Your assignment
Set down the listing below verbatim, but only from its first line through the line containing "where numerator and".
==== Exercise materials
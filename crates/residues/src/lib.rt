//! Whole numbers and fractions by their remainders modulo two primes below 2^61.
//!
//! `Residue` adds, subtracts, multiplies and inverts such remainders exactly, and no number grows.
//! `Reader` finds the fraction that has given residues, by Euclid's algorithm, where numerator and
//! denominator are small beside the primes. It tests what it answers; what it fails to find may
//! still be a fraction.
//!
//! It depends on `corr_num` for `gcd`. The layers above use `Residue`, `Fraction` and `Reader`.
#![tactic(auto)]

mod candidates;
mod euclid;
mod fractions;
mod numbers;
mod readers;
mod remainders;
mod wide_euclid;

pub use fractions::Fraction;
pub use numbers::Residue;
pub use readers::Reader;
pub use remainders::{P1, P2};
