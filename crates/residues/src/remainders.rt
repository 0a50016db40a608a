ghost use Rattle.std.specs.Prelude.{◌≡◌, ◌+◌, ◌-◌, ◌*◌, ◌%◌, ◌^◌};
ghost use Rattle.std.specs.Prelude.{◌<◌, ◌≤◌, IfSome};

/// The greatest prime below 2^61.
pub const P1: u64 = 2305843009213693951;

/// The next prime below it, 2^61 - 31.
pub const P2: u64 = 2305843009213693921;

const WORD: u128 = 1 << 61;

/// The remainder of a number modulo `2^61 - short`. What stands above the lowest 61 bits counts
/// `short` times as much, and two such folds leave less than twice the modulus.
#[inline]
fn folded(value: u128, short: u64) -> u64
    requires short { short ≤ 31 }
    requires bound { value < 2 ^ 122 }
    ensures { result ≡ value % (2 ^ 61 - short) }
{
    let once = value / WORD * short as u128 + value % WORD;
    let twice = (once % WORD) as u64 + (once / WORD) as u64 * short;
    let prime = (WORD as u64) - short;
    if twice < prime { twice } else { twice - prime }
}

/// `a + b` modulo a prime.
#[inline]
pub(crate) fn sum_modulo(a: u64, b: u64, prime: u64) -> u64
    requires prime { prime < 2 ^ 61 }
    requires a_below { a < prime }
    requires b_below { b < prime }
    ensures { result ≡ (a + b) % prime }
{
    let sum = a + b;
    if sum < prime { sum } else { sum - prime }
}

/// `a - b` modulo a prime.
#[inline]
pub(crate) fn difference_modulo(a: u64, b: u64, prime: u64) -> u64
    requires a_below { a < prime }
    requires b_below { b < prime }
    ensures { result ≡ (a + (prime - b)) % prime }
{
    if b <= a { a - b } else { a + (prime - b) }
}

/// `a * b` modulo `2^61 - short`.
#[inline]
pub(crate) fn product_modulo(a: u64, b: u64, short: u64) -> u64
    requires short { short ≤ 31 }
    requires a_below { a < 2 ^ 61 }
    requires b_below { b < 2 ^ 61 }
    ensures { result ≡ (a * b) % (2 ^ 61 - short) }
{
    folded(a as u128 * b as u128, short)
}

/// `a - b * c` modulo `2^61 - short`.
#[inline]
pub(crate) fn minus_product_modulo(a: u64, b: u64, c: u64, short: u64) -> u64
    requires short { short ≤ 31 }
    requires a_below { a < 2 ^ 61 - short }
    requires b_below { b ≤ 2 ^ 61 - short }
    requires c_below { c < 2 ^ 61 - short }
    ensures { result ≡ (a + (2 ^ 61 - short - b) * c) % (2 ^ 61 - short) }
{
    let opposite = (WORD as u64) - short - b;
    folded(a as u128 + opposite as u128 * c as u128, short)
}

/// The number whose product with `value` is 1 modulo `2^61 - short`, by Euclid's algorithm.
pub(crate) fn inverse_modulo(value: u64, short: u64) -> Option<u64>
    requires short { short ≤ 31 }
    requires below { value < 2 ^ 61 - short }
    ensures below { IfSome result (λ i. i < 2 ^ 61 - short) }
    ensures inverse { IfSome result (λ i. (i * value) % (2 ^ 61 - short) ≡ 1) }
{
    let mut high = (WORD as u64) - short;
    let mut low = value;
    let mut high_factor = 0;
    let mut low_factor = 1;
    while low != 0 {
        let quotient = high / low;
        let rest = high % low;
        let factor = minus_product_modulo(high_factor, quotient, low_factor, short);
        high = low;
        low = rest;
        high_factor = low_factor;
        low_factor = factor;
    }
    if high == 1 { Some(high_factor) } else { None }
}
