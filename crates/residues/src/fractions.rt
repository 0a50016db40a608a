ghost use Rattle.std.specs.Prelude.{◌<◌, ◌^◌, pos, ◌<ℤ◌, unsigned_abs};

/// A fraction, in lowest terms or not.
#[derive(Clone, Copy, PartialEq, Eq)]
pub struct Fraction {
    pub num: i64,
    pub den: i64,
    pub ghost num_bound: { unsigned_abs num < 2 ^ 62 },
    pub ghost den_positive: { pos 0 <ℤ den },
    pub ghost den_bound: { unsigned_abs den < 2 ^ 62 },
}
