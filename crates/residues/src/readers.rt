ghost use Rattle.std.specs.Prelude.{◌≡◌, ◌<◌, ◌≤◌, ◌^◌, pos, ◌*ℤ◌};
ghost use Rattle.std.specs.Prelude.{unsigned_abs, IfSome};
ghost use Rattle.residues.specs.Remainder.{remainder};

use crate::euclid::best_of;
use crate::fractions::Fraction;
use crate::numbers::Residue;
use crate::remainders::{P1, P2};
use crate::wide_euclid::best_wide;
use corr_num::gcd;

/// One above the greatest magnitude of a whole number that is read without Euclid's algorithm.
const WHOLE_BOUND: u64 = 1 << 60;

/// The greatest denominator that is remembered.
const HINT_BOUND: u128 = 1 << 40;

/// Reads fractions off residues. It remembers a denominator of the last numbers, since numbers that
/// are read one after another often share theirs.
#[derive(Clone, Copy)]
pub struct Reader {
    hint: u64,
    wide_reads: u64,
    ghost hint_positive: { 0 < hint },
    ghost hint_bound: { hint ≤ 2 ^ 40 },
}

impl Reader {
    ghost use Rattle.residues.specs.FractionOf.{IsFractionOf};

    pub fn new() -> Reader {
        Reader {
            hint: 1,
            wide_reads: 0,
        }
    }

    /// A fraction that has these residues, or None where none is found.
    pub fn read(&mut self, value: Residue) -> Option<Fraction>
        ensures { IfSome result (λ f. IsFractionOf f value) }
    {
        if let Some(num) = whole(value) {
            return Some(Fraction { num, den: 1 });
        }
        if let Some(num) = whole_over(value, self.hint) {
            return Some(Fraction {
                num,
                den: self.hint as i64,
            });
        }
        let fraction = self.search(value)?;
        self.hint = next_hint(self.hint, fraction.den as u64);
        Some(fraction)
    }

    /// How many numbers were searched for modulo the product of the primes.
    pub fn wide_reads(&self) -> u64 {
        self.wide_reads
    }

    /// Searches modulo the first prime, then modulo the product of both.
    fn search(&mut self, value: Residue) -> Option<Fraction>
        ensures { IfSome result (λ f. IsFractionOf f value) }
    {
        if let Some(fraction) = best_of(P1, value.first).tested(value) {
            return Some(fraction);
        }
        self.wide_reads = self.wide_reads.saturating_add(1);
        best_wide(value).tested(value)
    }
}

/// The whole number below 2^60 in magnitude with these remainders.
fn whole(value: Residue) -> Option<i64>
    ensures first { IfSome result (λ n. value.first ≡ remainder n P1) }
    ensures second { IfSome result (λ n. value.second ≡ remainder n P2) }
    ensures bound { IfSome result (λ n. unsigned_abs n < 2 ^ 60) }
{
    if value.first < WHOLE_BOUND && value.second == value.first {
        return Some(value.first as i64);
    }
    let below = P1 - value.first;
    if below < WHOLE_BOUND && value.second == P2 - below {
        return Some(-(below as i64));
    }
    None
}

/// The numerator over a denominator above 1, where it is such a whole number.
fn whole_over(value: Residue, den: u64) -> Option<i64>
    requires den_bound { den ≤ 2 ^ 40 }
    ensures first { IfSome result (λ n.
        remainder (pos den *ℤ pos value.first) P1 ≡ remainder n P1) }
    ensures second { IfSome result (λ n.
        remainder (pos den *ℤ pos value.second) P2 ≡ remainder n P2) }
    ensures bound { IfSome result (λ n. unsigned_abs n < 2 ^ 60) }
{
    if den == 1 {
        return None;
    }
    whole(value.times(Residue {
        first: den,
        second: den,
    }))
}

/// The least common multiple of the remembered denominator and the one just found, where it is at
/// most 2^40, else the one just found, where that is, else 1.
fn next_hint(hint: u64, den: u64) -> u64
    requires hint_positive { 0 < hint }
    requires hint_bound { hint ≤ 2 ^ 40 }
    requires den_positive { 0 < den }
    requires den_bound { den < 2 ^ 62 }
    ensures positive { 0 < result }
    ensures bound { result ≤ 2 ^ 40 }
{
    let common = hint as u128 / gcd(hint as u128, den as u128) * den as u128;
    if common <= HINT_BOUND {
        common as u64
    } else if den as u128 <= HINT_BOUND {
        den
    } else {
        1
    }
}
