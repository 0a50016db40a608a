ghost use Rattle.std.specs.Prelude.{◌≡◌, ◌*◌, ◌<◌};

use crate::candidates::Candidate;
use crate::numbers::Residue;
use crate::remainders::{P1, P2, difference_modulo, product_modulo};

/// The inverse modulo P2 of P1, which is 30 there.
const INVERSE_OF_P1: u64 = 2228981575573237457;

/// One above the greatest numerator and denominator of a fraction.
const BOUND: u128 = 1 << 62;

/// The greatest quotient of a number that is no fraction of small numbers seldom passes this.
const BELOW_LEAST_QUOTIENT: u128 = 1023;

/// The number below `P1 * P2` with these remainders, by the Chinese remainder theorem.
fn combined(value: Residue) -> u128
    ensures { result < P1 * P2 }
{
    let first = if value.first < P2 {
        value.first
    } else {
        value.first - P2
    };
    let apart = difference_modulo(value.second, first, P2);
    let times = product_modulo(apart, INVERSE_OF_P1, 31);
    value.first as u128 + P1 as u128 * times as u128
}

/// The step of the greatest quotient among those whose remainder and factor are below 2^62.
pub(crate) fn best_wide(value: Residue) -> Candidate {
    let mut high = P1 as u128 * P2 as u128;
    let mut low = combined(value);
    let mut high_factor = 0;
    let mut low_factor = 1;
    let mut negative = false;
    let mut greatest = BELOW_LEAST_QUOTIENT;
    let mut num = 0;
    let mut den = 1;
    let mut opposite = false;
    while low != 0 && low_factor < BOUND {
        let quotient = high / low;
        if quotient > greatest && low < BOUND {
            greatest = quotient;
            num = low as u64;
            den = low_factor as u64;
            opposite = negative;
        }
        let rest = high % low;
        let factor = high_factor + quotient * low_factor;
        high = low;
        low = rest;
        high_factor = low_factor;
        low_factor = factor;
        negative = !negative;
    }
    Candidate { num, den, opposite }
}
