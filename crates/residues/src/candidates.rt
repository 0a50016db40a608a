ghost use Rattle.std.specs.Prelude.{◌≡◌, ◌^◌, ◌<◌, pos, ◌*ℤ◌, IsTrue, IfSome};
ghost use Rattle.residues.specs.Remainder.{remainder};

use crate::fractions::Fraction;
use crate::numbers::Residue;
use crate::remainders::{P1, P2};

/// A step of Euclid's algorithm on a modulus and a value: `den` times the value has the remainder
/// `num`, or its opposite. Nothing rests on that, since the fraction is tested.
#[derive(Clone, Copy)]
pub(crate) struct Candidate {
    pub num: u64,
    pub den: u64,
    pub opposite: bool,
    pub ghost num_bound: { num < 2 ^ 62 },
    pub ghost den_positive: { 0 < den },
    pub ghost den_bound: { den < 2 ^ 62 },
}

impl Candidate {
    ghost use Rattle.residues.specs.FractionOf.{IsFractionOf};

    /// The fraction, where it has these residues.
    pub(crate) fn tested(self, value: Residue) -> Option<Fraction>
        ensures { IfSome result (λ f. IsFractionOf f value) }
    {
        let size = self.num as i64;
        let num = if self.opposite { -size } else { size };
        if !is_over(value, num, self.den) {
            return None;
        }
        Some(Fraction {
            num,
            den: self.den as i64,
        })
    }
}

/// Whether the denominator times a number has the remainders of the numerator.
fn is_over(value: Residue, num: i64, den: u64) -> bool
    requires { den < 2 ^ 62 }
    ensures first { IsTrue result
        → remainder (pos den *ℤ pos value.first) P1 ≡ remainder num P1 }
    ensures second { IsTrue result
        → remainder (pos den *ℤ pos value.second) P2 ≡ remainder num P2 }
{
    value.times(Residue::of(den as i64)) == Residue::of(num)
}
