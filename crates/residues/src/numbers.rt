ghost use Rattle.std.specs.Prelude.{◌≡◌, ◌<◌, ◌↔◌, IsTrue, IfSome};
ghost use Rattle.std.specs.Prelude.{pos, neg_ℤ, ◌+ℤ◌, ◌-ℤ◌, ◌*ℤ◌};
ghost use Rattle.residues.specs.declared.remainders.TheConstants.{P1, P2};
ghost use Rattle.residues.specs.Remainder.{remainder};

use crate::remainders::{
    P1, P2, difference_modulo, inverse_modulo, minus_product_modulo, product_modulo, sum_modulo,
};

/// What the two primes lack of 2^61.
const SHORT1: u64 = 1;

const SHORT2: u64 = 31;

/// A number by its remainders modulo the two primes.
#[derive(Clone, Copy, PartialEq, Eq)]
pub struct Residue {
    pub first: u64,
    pub second: u64,
    pub ghost first_below: { first < P1 },
    pub ghost second_below: { second < P2 },
}

impl Residue {
    pub fn zero() -> Residue
        ensures first { result.first ≡ 0 }
        ensures second { result.second ≡ 0 }
    {
        Residue {
            first: 0,
            second: 0,
        }
    }

    pub fn one() -> Residue
        ensures first { result.first ≡ 1 }
        ensures second { result.second ≡ 1 }
    {
        Residue {
            first: 1,
            second: 1,
        }
    }

    /// The remainders of a whole number.
    pub fn of(value: i64) -> Residue
        ensures first { result.first ≡ remainder value P1 }
        ensures second { result.second ≡ remainder value P2 }
    {
        Residue {
            first: value.rem_euclid(P1 as i64) as u64,
            second: value.rem_euclid(P2 as i64) as u64,
        }
    }

    pub fn is_zero(self) -> bool
        ensures { IsTrue result ↔ ((self.first ≡ 0) × (self.second ≡ 0)) }
    {
        self.first == 0 && self.second == 0
    }

    pub fn negated(self) -> Residue
        ensures first { result.first ≡ remainder (neg_ℤ (pos self.first)) P1 }
        ensures second { result.second ≡ remainder (neg_ℤ (pos self.second)) P2 }
    {
        Residue::zero().minus(self)
    }

    pub fn plus(self, other: Residue) -> Residue
        ensures first { result.first ≡ remainder (pos self.first +ℤ pos other.first) P1 }
        ensures second { result.second ≡ remainder (pos self.second +ℤ pos other.second) P2 }
    {
        Residue {
            first: sum_modulo(self.first, other.first, P1),
            second: sum_modulo(self.second, other.second, P2),
        }
    }

    pub fn minus(self, other: Residue) -> Residue
        ensures first { result.first ≡ remainder (pos self.first -ℤ pos other.first) P1 }
        ensures second { result.second ≡ remainder (pos self.second -ℤ pos other.second) P2 }
    {
        Residue {
            first: difference_modulo(self.first, other.first, P1),
            second: difference_modulo(self.second, other.second, P2),
        }
    }

    pub fn times(self, other: Residue) -> Residue
        ensures first { result.first ≡ remainder (pos self.first *ℤ pos other.first) P1 }
        ensures second { result.second ≡ remainder (pos self.second *ℤ pos other.second) P2 }
    {
        Residue {
            first: product_modulo(self.first, other.first, SHORT1),
            second: product_modulo(self.second, other.second, SHORT2),
        }
    }

    /// `self - factor * other`.
    pub fn minus_product(self, factor: Residue, other: Residue) -> Residue
        ensures first { result.first
            ≡ remainder (pos self.first -ℤ pos factor.first *ℤ pos other.first) P1 }
        ensures second { result.second
            ≡ remainder (pos self.second -ℤ pos factor.second *ℤ pos other.second) P2 }
    {
        Residue {
            first: minus_product_modulo(self.first, factor.first, other.first, SHORT1),
            second: minus_product_modulo(self.second, factor.second, other.second, SHORT2),
        }
    }

    /// The number whose product with this one is 1. None where Euclid's algorithm does not end at 1,
    /// as for a remainder 0. Since the moduli are primes, it does for every other.
    pub fn inverse(self) -> Option<Residue>
        ensures first { IfSome result (λ i. remainder (pos self.first *ℤ pos i.first) P1 ≡ 1) }
        ensures second { IfSome result (λ i. remainder (pos self.second *ℤ pos i.second) P2 ≡ 1) }
    {
        let first = inverse_modulo(self.first, SHORT1)?;
        let second = inverse_modulo(self.second, SHORT2)?;
        Some(Residue { first, second })
    }
}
========
Solution for this task
filename crates/residues/src/lib.rt
//! Whole numbers and fractions by their remainders modulo two primes below 2^61.
//!
//! `Residue` adds, subtracts, multiplies and inverts such remainders exactly, and no number grows.
//! `Reader` finds the fraction that has given residues, by Euclid's algorithm, where numerator and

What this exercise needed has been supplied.